(Stored data entries)
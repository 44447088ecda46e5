//! Lines on their way to a log.

ghost use Rattle.std.specs.Prelude.{◌≡◌, ◌≤◌, ◌+◌, ℕ, List, [], ◌∷◌, ◌++◌, length, nat_le, if◌then◌else◌, IfOk};

use std::alloc::{AllocError, Global};
use std::marker::Model;

/// So many bytes are gathered before they are handed to the log.
pub(crate) const SIZE: usize = 65_536;

/// The most bytes of a line that counts, without its line feed.
pub(crate) const MAX_LINE_LEN: usize = 4_096;

/// Lines, each with its line feed. Adding one takes no memory.
#[derive(Drop)]
pub(crate) struct Buffer {
    bytes: Vec<u8>,
}

impl Model for Buffer {
    ghost use Rattle.std.specs.Prelude.{List, ℕ, ◌≤◌, vec_capacity};

    ghost Value = { List ℕ };

    ghost view = { λ b. b.bytes.items };

    ghost invariant = { λ b. 65536 ≤ vec_capacity b.bytes };
}

impl Buffer {
    /// Makes an empty one.
    pub(crate) fn new(alloc: Global) -> Result<Buffer, AllocError>
        ensures { IfOk result (λ b. b ≡ []) }
    {
        Ok(Buffer {
            bytes: Vec::with_capacity(alloc, SIZE)?,
        })
    }

    pub(crate) fn bytes(&self) -> &[u8]
        ensures { result.now ≡ self.now }
    {
        &self.bytes
    }

    pub(crate) fn len(&self) -> usize
        ensures { result ≡ length self.now }
    {
        self.bytes.len()
    }

    /// Adds the line.
    pub(crate) fn add(&mut self, line: &[u8])
        requires { length self.old + length line.now + 1 ≤ 65536 }
        ensures { self.new ≡ self.old ++ (line.now ++ 10 ∷ []) }
    {
        let _ = self.bytes.extend_from_slice(line);
        self.bytes.push_reserved(b'\n');
    }

    /// Removes all lines.
    pub(crate) fn clear(&mut self)
        ensures { self.new ≡ [] }
    {
        self.bytes.clear();
    }
}

/// A line that is about to be carried out.
#[derive(Drop)]
pub(crate) struct Noted {
    bytes: Vec<u8>,
}

impl Model for Noted {
    ghost use Rattle.std.specs.Prelude.{List, ℕ, ◌≤◌, length, vec_capacity};

    ghost Value = { List ℕ };

    ghost view = { λ n. n.bytes.items };

    ghost invariant = { λ n. (4096 ≤ vec_capacity n.bytes) × (length n.bytes.items ≤ 4096) };
}

impl Noted {
    ghost use Rattle.ssi_durable.specs.Machinery.Noting.{noted};

    /// Makes an empty one.
    pub(crate) fn new(alloc: Global) -> Result<Noted, AllocError>
        ensures { IfOk result (λ n. n ≡ []) }
    {
        Ok(Noted {
            bytes: Vec::with_capacity(alloc, MAX_LINE_LEN)?,
        })
    }

    pub(crate) fn bytes(&self) -> &[u8]
        ensures line { result.now ≡ self.now }
        ensures short { length result.now ≤ 4096 }
    {
        &self.bytes
    }

    /// Notes this line in place of the one before, or nothing if it is too long to count.
    pub(crate) fn note(&mut self, line: &[u8])
        ensures { self.new ≡ noted line.now }
    {
        self.bytes.clear();
        if line.len() <= MAX_LINE_LEN {
            let _ = self.bytes.extend_from_slice(line);
        }
    }
}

| PROBLEM |
Within these records, how many lines include the word "before"? The reply should be that number alone.

| EXERCISE ANSWER |
2